Nigeria Tightens Conditions for Oil Lifting Contracts

Nigeria spends billions each year on oil transports
Nigeria spends billions each year on oil transports

The Nigerian National Petroleum Corporation (NNPC) has modified the conditions that will be met by companies wishing to bid for the lifting of Nigeria’s crude.

The corporation also plans to prune the list of winners to ensure that only reputable local and international companies are selected.

The trimming of the list was part of the strategies that would be adopted by the corporation to ensure that only “fit and proper” firms would benefit from the crude oil term contract.

The corporation has often been accused of allowing political considerations to influence its business decisions.

Last year, the NNPC included commitment to invest in Nigeria’s power sector, domestic gas supply, construction of oil refineries in Nigeria, as well as undertaking development projects in the Niger Delta region as some of the criteria for the award of the crude contracts.

Previously, the corporation also listed the criteria to include: evidence of the applicants’ readiness to comply with Nigerian government’s local content policy in the oil and gas industry; investment in the upstream sector to increase national oil reserves and production capacity; investment in the downstream projects in refining, petrochemicals, distribution and storage of petroleum products, gas utilisation projects; independent power plant projects (IPP); and railway construction.

The NNPC also in 2011 said that interested companies must post an annual turnover of $500 million and net worth of not less than $100 million.

But in its just-released tender for the 2012 contract, the corporation excluded investments in Nigeria as part of the criteria but instead increased the annual turnover and net worth to $600 million and $300 million respectively.

Also, companies were required to pay a $5 million deposit before buying the first oil cargo.

The corporation also said it planned to maintain regional balance in the choice of companies that would lift its crude oil beginning from June 1, 2012 to May 31, 2013.

Such companies, it added, must be bona fide end users that own refineries and retail outlets.

The bidding companies were also required to show details of their facilities, markets and volume of crude oil processed over the last three years, which must be attached to their applications.

On the other hand, indigenous Nigerian companies engaged in oil and gas business that wish to apply must, the corporation said, must attach evidence of registration.

Other companies qualified to apply, according to the notice, include those that have been involved in oil and gas business for not less than 10 years and such companies must show evidence of 10 years operation.

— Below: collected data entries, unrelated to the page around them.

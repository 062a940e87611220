//! Laws of a run with what is told of it: each function is a theorem, stated by its contract, and does nothing.

ghost use Rattle.std.specs.Prelude.{◌≡◌};
ghost use Rattle.tb_param.specs.declared.Params.{Params};
ghost use Rattle.tb_galley.specs.declared.Galley.{Galley};
ghost use Rattle.tb_builder.specs.FiredPages.{Fired};
ghost use Rattle.tb_output.specs.State.{State};
ghost use Rattle.tb_output.specs.Output.{out};
ghost use Rattle.tb_steps.specs.Run.{run_of};
ghost use Rattle.tb_why.specs.Firing.{firing_pieces};
ghost use Rattle.tb_why.specs.WhyRun.{happened_among, shown_run};
ghost use Rattle.tb_why.specs.ShownLines.{all_event_lines};
ghost use Rattle.tb_why.specs.Placements.{placements_of, placements_told};

/// What is told changes nothing: without it, what is shown of the run of a galley are the run's events, and their lines are
/// those of the trace.
pub fn what_is_told_changes_nothing()
    ensures events { (g : Galley) → happened_among (shown_run g) ≡ (run_of g).events }
    ensures lines { (g : Galley) → all_event_lines (happened_among (shown_run g)) ≡ all_event_lines (run_of g).events }
{}

/// Each float that a firing places in a column, or above two, is told to go there just before, and no other: the placements
/// that are told are those that the run records, in their order.
pub fn floats_go_where_told()
    ensures { (p : Params) (s : State) (f : Fired) → placements_of (out p s f).records ≡ placements_told (firing_pieces p s f) }
{}
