//! What a content line says.
ghost use Rattle.tb_galley.specs.GalleyReader.{known_in};
ghost use Rattle.tb_galley.specs.FieldReader.{left_of, Gives, nobreak_left, sized_left, glue_left, float_left, margin_left, head_left, star_left, enlarge_left, area_left, class_left, foot_left, content_left};

use crate::draft::Draft;
use crate::fields::{At, Fields};
use crate::settings::setting;
use crate::{Cause, ClassLine, ItemKind, LeafKind, Word};
use tb_node::{Area, FOOTNOTES, Float, Margin, Name, Places};
use tb_param::{Field, Value};
use tb_scaled::Glue;

/// What a content line says.
#[derive(Drop)]
pub enum Content {
    /// The header, with the version, 1, 2 or 3.
    Header { version: u8 },
    /// `set`: a parameter and its value.
    Set { field: Field, value: Value },
    /// `class`: a class of insertions.
    Class(ClassLine),
    /// A line that may be in a footnote too.
    Plain(LeafKind),
    /// Any other item, of one line.
    Item(ItemKind),
    /// `foot`: a footnote of this class begins.
    Foot { class: u8 },
    /// `endfoot`: the footnote ends.
    Endfoot,
    /// `end`: the galley ends.
    End,
}

// Whether `nobreak` is there, which may be from version 3 on.
#[inline(always)]
#[tactic(auto, unfolding(crate::specs::FieldReader::nobreak_left))]
fn nobreak(version: u8, fields: &mut Fields<'_>) -> Result<bool, At>
    ensures { Gives result (left_of fields.new) (nobreak_left version (left_of fields.old)) }
{
    if version != 3 || fields.is_at_end() {
        return Ok(false);
    }
    fields.word(b"nobreak", Cause::UnknownWord)
}

/// A float in a galley of this version, and whether it is between paragraphs.
#[inline(always)]
#[tactic(auto, unfolding(crate::specs::FieldReader::float_left))]
pub(crate) fn float(version: u8, line: u32, fields: &mut Fields<'_>) -> Result<(Float, bool), At>
    ensures { Gives result (left_of fields.new) (float_left version line (left_of fields.old)) }
{
    let name = fields.name()?;
    let class = fields.integer_within(1, 26, Cause::Class)?;
    let wide = fields.is_double()?;
    let (places, bang) = fields.places()?;
    let height = fields.dimension_from(0, Cause::Dimension)?;
    let vert = fields.is_vert()?;
    let nobreak = nobreak(version, fields)?;
    Ok((
        Float {
            line,
            name,
            class: class as u8,
            wide,
            places,
            bang,
            height,
            deep: wide && version == 3,
            nobreak,
        },
        vert,
    ))
}

/// A marginal note in a galley of this version, and whether it is between paragraphs.
#[inline(always)]
#[tactic(auto, unfolding(crate::specs::FieldReader::margin_left))]
pub(crate) fn margin(version: u8, line: u32, fields: &mut Fields<'_>) -> Result<(Margin, bool), At>
    ensures { Gives result (left_of fields.new) (margin_left version line (left_of fields.old)) }
{
    let (name, left_height, left_depth) = fields.sized()?;
    let right_height = fields.dimension_from(0, Cause::Dimension)?;
    let right_depth = fields.dimension_from(0, Cause::Dimension)?;
    let vert = fields.is_vert()?;
    let nobreak = nobreak(version, fields)?;
    Ok((
        Margin {
            line,
            name,
            left_height,
            left_depth,
            right_height,
            right_depth,
            nobreak,
        },
        vert,
    ))
}

// A title over both columns.
#[inline(never)]
#[tactic(auto, unfolding(crate::specs::FieldReader::head_left))]
fn head(line: u32, fields: &mut Fields<'_>) -> Result<Float, At>
    ensures { Gives result (left_of fields.new) (head_left line (left_of fields.old)) }
{
    let name = fields.name()?;
    let height = fields.dimension_from(0, Cause::Dimension)?;
    Ok(Float {
        line,
        name,
        class: 0,
        wide: true,
        places: Places {
            h: false,
            t: true,
            b: false,
            p: false,
        },
        bang: true,
        height,
        deep: false,
        nobreak: false,
    })
}

// Whether `star` is there.
#[tactic(auto, unfolding(crate::specs::FieldReader::star_left))]
fn star(fields: &mut Fields<'_>) -> Result<bool, At>
    ensures { Gives result (left_of fields.new) (star_left (left_of fields.old)) }
{
    if fields.is_at_end() {
        return Ok(false);
    }
    fields.word(b"star", Cause::UnknownWord)
}

// By how much a page is made higher, and whether its contents are to be shrunk.
#[inline(never)]
#[tactic(auto, unfolding(crate::specs::FieldReader::enlarge_left))]
fn enlarge(fields: &mut Fields<'_>) -> Result<(i64, bool), At>
    ensures { Gives result (left_of fields.new) (enlarge_left (left_of fields.old)) }
{
    let by = fields.dimension()?;
    let star = star(fields)?;
    Ok((by, star))
}

#[tactic(auto, unfolding(crate::specs::FieldReader::area_left))]
fn area(fields: &mut Fields<'_>) -> Result<Area, At>
    ensures { Gives result (left_of fields.new) (area_left (left_of fields.old)) }
{
    if fields.is_at_end() {
        return Ok(Area::All);
    }
    let bottom = fields.choice(b"t", b"b", Cause::UnknownWord)?;
    Ok(if bottom { Area::Bottom } else { Area::Top })
}

#[inline(never)]
#[tactic(auto, unfolding(crate::specs::FieldReader::class_left))]
fn class(version: u8, line: u32, fields: &mut Fields<'_>) -> Result<ClassLine, At>
    ensures { Gives result (left_of fields.new) (class_left version line (left_of fields.old)) }
{
    let number = fields.integer_within(0, 253, Cause::Class)?;
    let factor = fields.integer_within(0, 10_000, Cause::Parameter)?;
    let limit = fields.dimension_from(0, Cause::Dimension)?;
    let below = fields.below(version)?;
    let skip = fields.glue(Cause::UnknownWord)?;
    Ok(ClassLine {
        line,
        number: number as u8,
        factor,
        limit,
        below,
        skip,
    })
}

/// The class of a footnote.
#[inline(always)]
#[tactic(auto, unfolding(crate::specs::FieldReader::foot_left))]
pub(crate) fn foot(draft: &Draft, fields: &mut Fields<'_>) -> Result<u8, At>
    ensures { Gives result (left_of fields.new) (foot_left (known_in draft.now) (left_of fields.old)) }
{
    if draft.version == 1 || fields.is_at_end() {
        return Ok(FOOTNOTES);
    }
    fields.class_among(draft.classes.as_slice())
}

// A function pays at entry for its locals, and most lines that come to `read_content` have few fields. So what has many, or is
// read before by the bytes of its line, is read in a function of its own.

#[inline(never)]
fn rare_float(version: u8, line: u32, fields: &mut Fields<'_>) -> Result<(Float, bool), At>
    ensures { Gives result (left_of fields.new) (float_left version line (left_of fields.old)) }
{
    float(version, line, fields)
}

#[inline(never)]
fn rare_margin(version: u8, line: u32, fields: &mut Fields<'_>) -> Result<(Margin, bool), At>
    ensures { Gives result (left_of fields.new) (margin_left version line (left_of fields.old)) }
{
    margin(version, line, fields)
}

#[inline(never)]
fn rare_foot(draft: &Draft, fields: &mut Fields<'_>) -> Result<u8, At>
    ensures { Gives result (left_of fields.new) (foot_left (known_in draft.now) (left_of fields.old)) }
{
    foot(draft, fields)
}

#[inline(never)]
fn rare_sized(fields: &mut Fields<'_>) -> Result<(Name, i64, i64), At>
    ensures { Gives result (left_of fields.new) (sized_left (left_of fields.old)) }
{
    fields.sized()
}

#[inline(never)]
fn rare_glue(fields: &mut Fields<'_>) -> Result<Glue, At>
    ensures { Gives result (left_of fields.new) (glue_left Cause.UnknownWord (left_of fields.old)) }
{
    fields.glue(Cause::UnknownWord)
}

/// What the fields after a line's word say, by what the lines before gave.
#[tactic(auto, unfolding(crate::specs::FieldReader::content_left))]
pub(crate) fn read_content(
    draft: &Draft,
    line: u32,
    word: Word,
    fields: &mut Fields<'_>,
) -> Result<Content, At>
    ensures { Gives result (left_of fields.new) (content_left (known_in draft.now) line word (left_of fields.old)) }
{
    match word {
        Word::Header => Ok(Content::Header {
            version: fields.version()?,
        }),
        Word::Setting => {
            let (field, value) = setting(draft.version, fields)?;
            Ok(Content::Set { field, value })
        }
        Word::Class => Ok(Content::Class(class(draft.version, line, fields)?)),
        Word::Hbox => {
            let (name, height, depth) = rare_sized(fields)?;
            Ok(Content::Plain(LeafKind::Hbox {
                name,
                height,
                depth,
            }))
        }
        Word::Rule => {
            let (name, height, depth) = rare_sized(fields)?;
            Ok(Content::Plain(LeafKind::Rule {
                name,
                height,
                depth,
            }))
        }
        Word::Skip => Ok(Content::Plain(LeafKind::Skip(rare_glue(fields)?))),
        Word::Kern => Ok(Content::Plain(LeafKind::Kern(fields.dimension()?))),
        Word::Penalty => {
            let penalty = fields.integer_within(-10_000, 10_000, Cause::Penalty)?;
            Ok(Content::Plain(LeafKind::Penalty(penalty)))
        }
        Word::Mark => Ok(Content::Item(ItemKind::Mark(fields.name()?))),
        Word::Note => Ok(Content::Item(ItemKind::Note(fields.name()?))),
        Word::Foot => Ok(Content::Foot {
            class: rare_foot(draft, fields)?,
        }),
        Word::Endfoot => Ok(Content::Endfoot),
        Word::Float => {
            let (float, vert) = rare_float(draft.version, line, fields)?;
            Ok(Content::Item(ItemKind::Float { float, vert }))
        }
        Word::Margin => {
            let (margin, vert) = rare_margin(draft.version, line, fields)?;
            Ok(Content::Item(ItemKind::Margin { margin, vert }))
        }
        Word::Newpage => Ok(Content::Item(ItemKind::NewPage)),
        Word::Clearpage => Ok(Content::Item(ItemKind::ClearPage)),
        Word::Pagebreak => {
            let degree = fields.integer_within(0, 4, Cause::Penalty)?;
            Ok(Content::Item(ItemKind::PageBreak(degree as u8)))
        }
        Word::Nopagebreak => {
            let degree = fields.integer_within(0, 4, Cause::Penalty)?;
            Ok(Content::Item(ItemKind::NoPageBreak(degree as u8)))
        }
        Word::Onecolumn => Ok(Content::Item(ItemKind::OneColumn)),
        Word::Twocolumn => Ok(Content::Item(ItemKind::TwoColumn)),
        Word::Suppressfloats => Ok(Content::Item(ItemKind::Suppress(area(fields)?))),
        Word::Page => {
            let number = fields.integer_within(0, 1_000_000, Cause::Parameter)?;
            Ok(Content::Item(ItemKind::Page(number as u32)))
        }
        Word::Head => Ok(Content::Item(ItemKind::Head(head(line, fields)?))),
        Word::Enlarge => {
            let (by, star) = enlarge(fields)?;
            Ok(Content::Item(ItemKind::Enlarge { by, star }))
        }
        Word::End => Ok(Content::End),
    }
}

The widespread criticisms that greeted the 2008 crude lifting contract had prompted the Federal Government to drop 18 of the 42 companies that got the contracts.

Of the 28 companies granted approval to export between 30 to 60 barrels per day (bpd) of crude oil in 2008, only seven were said to have investments in Nigeria.

The contention of stakeholders was that most of the companies that won the contracts were “brief case” concerns with no known investments in Nigeria.

Most of the companies, which only exist in the books of the Corporate Affairs Commission (CAC), were foreign firms.

Some indigenous stakeholders who were not satisfied with the manner in which the contracts were awarded over the years had also alleged that some of the regular beneficiaries were companies owned by retired military chiefs, former NNPC chiefs, politicians and their fronts.

It was also gathered that only a few Nigerian companies benefited last year. The three biggest beneficiaries that clinched contracts of 60,000 bpd each were oil trading giants Vitol, Trafigura and Glencore.